Türklerde mumyalama geleneği
Bir önceki yazımda da değindiğim üzere tarih boyunca temelinde ölümsüzlük ve ikinci hayat inancının olduğu mumyalama...
Bir önceki yazımda da değindiğim üzere tarih boyunca temelinde ölümsüzlük ve ikinci hayat inancının olduğu mumyalama işlemi, bedeni muhafaza etmek için tercih edilen bir yöntem olmuştur. İlk örneklerine Antik Mısır’da rastlanan bu işlemin ayrıca Orta Asya’da ve Amerika’da da uygulanmış olduğu bilinmektedir.
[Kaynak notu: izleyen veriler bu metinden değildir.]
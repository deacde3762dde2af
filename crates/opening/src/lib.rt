// Words judged as a snapshot, and the book of words in lent columns.
#![tactic(auto)]

ghost use Rattle.std.specs.Prelude.{◌≡◌, length};
ghost use Rattle.rules.specs.Book.{sound};
ghost use Rattle.rules.specs.Questions.{first_no};
ghost use Rattle.columns.specs.Books.{lent_book, LentLengths, SameColumns};
ghost use Rattle.snapshots.specs.Snapshot.{snapshot_words, seal_questions};
ghost use Rattle.snapshots.specs.Faults.{fault_in};
ghost use Rattle.opening.specs.Judging.{book_with, opened_state, Judges, Opens};

use checksums::checksum;
use columns::{LentColumns, shared};
use restoring::{take_columns, take_state};
use rules::{ACCOUNT_COUNT, CELL_COUNT, LIFT_CELLS, MOST_ENTRIES, State};
use snapshots::{Fault, VERSION, WORDS};
use soundness::scan::sound_columns;

// Is this a sealed body of a snapshot's length?
fn sealed(words: &[u32]) -> Result<(), Fault>
    ensures { fault_in result ≡ first_no (seal_questions words.now) }
{
    if words.len() != WORDS {
        return Err(Fault::Length);
    }
    if words[0] != VERSION {
        return Err(Fault::Version);
    }
    let t = checksum(&words[3..]);
    if words[1] as u64 + 4294967296 * (words[2] as u64) != t {
        return Err(Fault::Checksum);
    }
    Ok(())
}

// The columns of words, taken into lent ones: are they a sound book with this state?
fn sound_in(words: &[u32], s: State, columns: &mut LentColumns) -> bool
    requires { (length words.now ≡ snapshot_words) × LentLengths columns.old }
    ensures { result ≡ sound (book_with words.now s) }
{
    take_columns(words, columns);
    sound_columns(s, shared(columns))
}

// Are words a sound book with this state? They are read into columns of their own.
fn sound_words(words: &[u32], s: State) -> bool
    requires { length words.now ≡ snapshot_words }
    ensures { result ≡ sound (book_with words.now s) }
{
    let mut nets = [0i32; CELL_COUNT];
    let mut delivered = [0u32; CELL_COUNT];
    let mut lifts = [0u32; LIFT_CELLS];
    let mut charges = [0i64; ACCOUNT_COUNT];
    let mut issues = [0u8; MOST_ENTRIES];
    let mut froms = [0u8; MOST_ENTRIES];
    let mut tos = [0u8; MOST_ENTRIES];
    let mut lots = [0u32; MOST_ENTRIES];
    let mut days = [0u16; MOST_ENTRIES];
    let mut columns = LentColumns {
        nets: &mut nets,
        delivered: &mut delivered,
        lifts: &mut lifts,
        charges: &mut charges,
        issues: &mut issues,
        froms: &mut froms,
        tos: &mut tos,
        lots: &mut lots,
        days: &mut days,
    };
    sound_in(words, s, &mut columns)
}

// All questions on words, before anything is stored: the state of their book.
fn judge(words: &[u32]) -> Result<State, Fault>
    ensures { Judges words.now (fault_in result) (opened_state result) }
{
    sealed(words)?;
    let Some(state) = take_state(words) else {
        return Err(Fault::Field);
    };
    if !sound_words(words, state) {
        return Err(Fault::Unsound);
    }
    Ok(state)
}

// The book of words, in lent columns, which stay as they came where it is refused.
pub fn open(words: &[u32], columns: &mut LentColumns) -> Result<State, Fault>
    requires { LentLengths columns.old }
    ensures opens { Opens words.now (fault_in result) (lent_book (opened_state result) columns.old) (lent_book (opened_state result) columns.new) }
    ensures same { SameColumns columns.old columns.new }
{
    let state = judge(words)?;
    take_columns(words, columns);
    Ok(state)
}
Orta Asya’da açılan önemli kurganlar ve kazılan bazı mezar alanlarının incelenmesi sonucu elde edilen verilere göre Türk toplumlarında çok eski dönemlerden beri mumyalama işleminin bilindiği ve uygulandığı görülmektedir. Vücudu ikinci hayatına hazırlamak esas olsa da Türklerde Mısır’dakinden farklı olarak bu gelenek, sadece ahiret inancından dolayı yapılmamıştır. Türk adetlerine göre ölümün gerçekleştiği an ve cenaze merasiminin yapılması arasındaki sürenin uzun olması, bu süre zarfında cesedin korunmasını gerekli kıldığı için de böyle bir uygulamaya gidilmiştir. Çin kaynaklarında da VI. yüzyılda Göktürklerin defin törenlerinden bahsedilirken ölüm zamanı ve defin merasimi arasında geçen sürenin uzunluğundan bahsedilmiş ve şu ifadeler kullanılmıştır:
“İlkbaharda ölenleri sonbaharda, otların ve yaprakların sarardığı zaman gömerler. Kışın veya güzün ölenleri çiçekler açıldığı zaman ilkbaharda gömerler.”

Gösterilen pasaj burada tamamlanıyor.